- [Your goal]:
In the entries below, find the line with "nodes, in order." and the line with "fn say_quiet(&self, journal: &mut". Reproduce those two lines and every line between them exactly, and nothing more.

■ ■ ■

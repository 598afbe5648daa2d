// What goes over all nodes: ticks, a quiesce, a show.
ghost use Rattle.std.specs.Prelude.{ℕ, ◌≡◌, ◌≤◌, ◌-◌, ◌∷◌, ◌++◌, [], List, true, false, OnOk, Some, is_some, slice_get};
ghost use Rattle.std.specs.List.{list_all};
ghost use Rattle.arj_disk.specs.FileMap.{FileMap};
ghost use Rattle.arj_journal.specs.declared.body.Line.{Line};
ghost use Rattle.arj_journal.specs.declared.header.Header.{Header};
ghost use Rattle.arj_protocol.specs.Step.{Node, is_idle, numbers_to};
ghost use Rattle.arj_protocol.specs.Words.body;
ghost use Rattle.arj_protocol.specs.World.{numbered};
ghost use Rattle.arj_protocol.specs.World as protocol;
ghost use Rattle.arj_world.specs.Disks.{HaveMoved};
ghost use Rattle.arj_world.specs.Goes.{GoesTo};
ghost use Rattle.arj_world.specs.Stands.{AreSomeNodes, StandsSome, hand};
ghost use Rattle.arj_world.specs.Tells.{TellsStops, halts, nobody};

use crate::World;
use arj_core::{Core, Input};
use arj_disk::{Disk, Rack};
use arj_journal::{Body, Lines};
use std::alloc::AllocError;

impl<C: Core> World<C> {
    /// Whether a node is up.
    pub(crate) fn is_up(&self, node: u8) -> bool
        requires least { 1 ≤ node }
        requires greatest { node ≤ self.now.header.nodes }
        ensures { (c : C) → slice_get self.now.cores (node - 1) ≡ Some c → (header : Header) (file : FileMap) (n : Node) → C.stands header c file n → result ≡ is_some n.live }
    {
        self.cores[usize::from(node - 1)].is_up()
    }

    // Whether each node is up, with no action that waits, no prepared action and no record.
    fn is_quiet(&self) -> bool
        ensures { (header : Header) (nodes : List Node) → AreSomeNodes C.Core header self.now.cores nodes → result ≡ list_all is_idle nodes }
    {
        for core in &self.cores {
            if !core.idle() {
                return false;
            }
        }
        true
    }

    // What waits at a node is asked for again, where it is up and all frames fitted.
    #[tactic(auto, using(crate::proofs::Disks::moved_none, crate::proofs::Tells::tells_none))]
    fn tick_up<D: Disk>(
        &mut self,
        rack: &mut Rack<D>,
        node: u8,
        journal: &mut Lines,
    ) -> Result<(), AllocError>
        requires least { 1 ≤ node }
        requires greatest { node ≤ self.old.header.nodes }
        requires stands { StandsSome C.Core D.file (hand self.old rack.old journal.old) }
        ensures goes { OnOk result (GoesTo C.Core D.file (protocol.tick_up node) (hand self.old rack.old journal.old) (hand self.new rack.new journal.new)) }
        ensures header { self.new.header ≡ self.old.header }
        ensures disks { HaveMoved D.Disk self.old.header.nodes [] rack.old rack.new }
        ensures tells { OnOk result (TellsStops D.Disk self.old.header.nodes nobody rack.old rack.new journal.old journal.new) }
    {
        if self.wire.full {
            return Ok(());
        }
        if !self.is_up(node) {
            return Ok(());
        }
        self.step_core(rack, node, Input::Tick, journal)
    }

    // Ticks all nodes, in order.
    fn tick_all<D: Disk>(
        &mut self,
        rack: &mut Rack<D>,
        journal: &mut Lines,
    ) -> Result<(), AllocError>
        requires stands { StandsSome C.Core D.file (hand self.old rack.old journal.old) }
        ensures goes { OnOk result (GoesTo C.Core D.file (protocol.tick_all (numbers_to self.old.header.nodes)) (hand self.old rack.old journal.old) (hand self.new rack.new journal.new)) }
        ensures header { self.new.header ≡ self.old.header }
        ensures disks { HaveMoved D.Disk self.old.header.nodes [] rack.old rack.new }
        ensures tells { OnOk result (TellsStops D.Disk self.old.header.nodes nobody rack.old rack.new journal.old journal.new) }
    {
        let nodes = self.header.nodes;
        for node in 0..nodes {
            self.tick_up(rack, node + 1, journal)?;
        }
        Ok(())
    }

    // Says whether all nodes are quiet, where all frames fitted.
    fn say_quiet(&self, journal: &mut Lines) -> Result<(), AllocError>
        ensures full { self.now.full ≡ true → OnOk result (journal.new ≡ journal.old) }
        ensures said { self.now.full ≡ false → OnOk result ((header : Header) (nodes : List Node) → AreSomeNodes C.Core header self.now.cores nodes
            → journal.new ≡ journal.old ++ numbered self.now.event (body.Quiet (list_all is_idle nodes) ∷ [])) }
        ensures added { OnOk result ((added : List Line) × (journal.new ≡ journal.old ++ added) × ((n : ℕ) → halts n added ≡ 0)) }
    {
        if self.wire.full {
            return Ok(());
        }
        let yes = self.is_quiet();
        self.wire.say(Body::Quiet { yes }, journal)
    }

    /// Frames are delivered, all nodes are ticked, frames are delivered again, and a line says whether all is quiet then.
    pub(crate) fn quiesce<D: Disk>(
        &mut self,
        rack: &mut Rack<D>,
        journal: &mut Lines,
    ) -> Result<(), AllocError>
        requires stands { StandsSome C.Core D.file (hand self.old rack.old journal.old) }
        ensures goes { OnOk result (GoesTo C.Core D.file protocol.quiesce (hand self.old rack.old journal.old) (hand self.new rack.new journal.new)) }
        ensures header { self.new.header ≡ self.old.header }
        ensures disks { HaveMoved D.Disk self.old.header.nodes [] rack.old rack.new }
        ensures tells { OnOk result (TellsStops D.Disk self.old.header.nodes nobody rack.old rack.new journal.old journal.new) }
    {
        self.settle(rack, journal)?;
        self.tick_all(rack, journal)?;
        self.settle(rack, journal)?;
        self.say_quiet(journal)
    }

    // A node that is up shows what its disk has of an object.
    #[tactic(auto, using(crate::proofs::Disks::moved_none, crate::proofs::Tells::tells_none))]
    fn show_up<D: Disk>(
        &mut self,
        rack: &mut Rack<D>,
        x: u16,
        node: u8,
        journal: &mut Lines,
    ) -> Result<(), AllocError>
        requires least { 1 ≤ node }
        requires greatest { node ≤ self.old.header.nodes }
        requires stands { StandsSome C.Core D.file (hand self.old rack.old journal.old) }
        ensures goes { OnOk result (GoesTo C.Core D.file (protocol.show_up x node) (hand self.old rack.old journal.old) (hand self.new rack.new journal.new)) }
        ensures header { self.new.header ≡ self.old.header }
        ensures disks { HaveMoved D.Disk self.old.header.nodes [] rack.old rack.new }
        ensures tells { OnOk result (TellsStops D.Disk self.old.header.nodes nobody rack.old rack.new journal.old journal.new) }
    {
        if !self.is_up(node) {
            return Ok(());
        }
        self.step_core(rack, node, Input::Show { x }, journal)
    }

    /// All nodes that are up show what their disks have of an object, in order.
    pub(crate) fn show_all<D: Disk>(
        &mut self,
        rack: &mut Rack<D>,
        x: u16,
        journal: &mut Lines,
    ) -> Result<(), AllocError>
        requires stands { StandsSome C.Core D.file (hand self.old rack.old journal.old) }
        ensures goes { OnOk result (GoesTo C.Core D.file (protocol.show_all x (numbers_to self.old.header.nodes)) (hand self.old rack.old journal.old) (hand self.new rack.new journal.new)) }
        ensures header { self.new.header ≡ self.old.header }
        ensures disks { HaveMoved D.Disk self.old.header.nodes [] rack.old rack.new }
        ensures tells { OnOk result (TellsStops D.Disk self.old.header.nodes nobody rack.old rack.new journal.old journal.new) }
    {
        let nodes = self.header.nodes;
        for node in 0..nodes {
            self.show_up(rack, x, node + 1, journal)?;
        }
        Ok(())
    }
}
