//! The nodes, the net and the journal under a script.
//!
//! It stands on `arj_core` (a node), `arj_net` (frames), `arj_disk` (disks), the definitions of `arj_protocol` and the laws of
//! events (`arj_law_parts/steps`). What it gives upward: a world that is formatted is the protocol's first world, and no disk was
//! stopped in its format (`World::format`); over disks that an earlier run left it is the world of each start whose disks these are,
//! each node down (`World::adopt`, `specs/First.antt`); and each event makes of it what the protocol makes of its world, with the stops that
//! the disks made (`World::step`; `specs/Stands.antt`, `specs/Happens.antt`). What an event makes of the disks' arms, which lines
//! tell of stops, and which lines an event owes or writes in their place, say `specs/Disks.antt`, `specs/Tells.antt` and
//! `specs/Owns.antt`.
//! `specs/Turns.antt` says what the run of a script is, with those stops. Inside an event it isn't known yet which stops
//! will fall: `specs/Goes.antt` says how a world goes on then.
#![tactic(auto)]

mod adopt;
mod delivery;
mod events;
mod fault;
mod format;
mod labelled;
mod nodes;
mod refusal;
mod run;
mod whole;
mod wire;
mod world;

pub use fault::{FormatFault, StepFault};
pub use labelled::Labelled;
pub use whole::{runs_know_their_labels, runs_stay_whole, turns_keep_what_handlers_keep};
pub use world::World;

■ ■ ■

- [Written solution]:
    // Ticks all nodes, in order.
    fn tick_all<D: Disk>(
        &mut self,
        rack: &mut Rack<D>,
        journal: &mut Lines,
    ) -> Result<(), AllocError>
        requires stands { StandsSome C.Core D.file (hand self.old rack.old journal.old) }
        ensures goes { OnOk result (GoesTo C.Core D.file (protocol.tick_all (numbers_to self.old.header.nodes)) (hand self.old rack.old journal.old) (hand self.new rack.new journal.new)) }
        ensures header { self.new.header ≡ self.old.header }
        ensures disks { HaveMoved D.Disk self.old.header.nodes [] rack.old rack.new }
        ensures tells { OnOk result (TellsStops D.Disk self.old.header.nodes nobody rack.old rack.new journal.old journal.new) }
    {
        let nodes = self.header.nodes;
        for node in 0..nodes {
            self.tick_up(rack, node + 1, journal)?;
        }
        Ok(())
    }

    // Says whether all nodes are quiet, where all frames fitted.
    fn say_quiet(&self, journal: &mut Lines) -> Result<(), AllocError>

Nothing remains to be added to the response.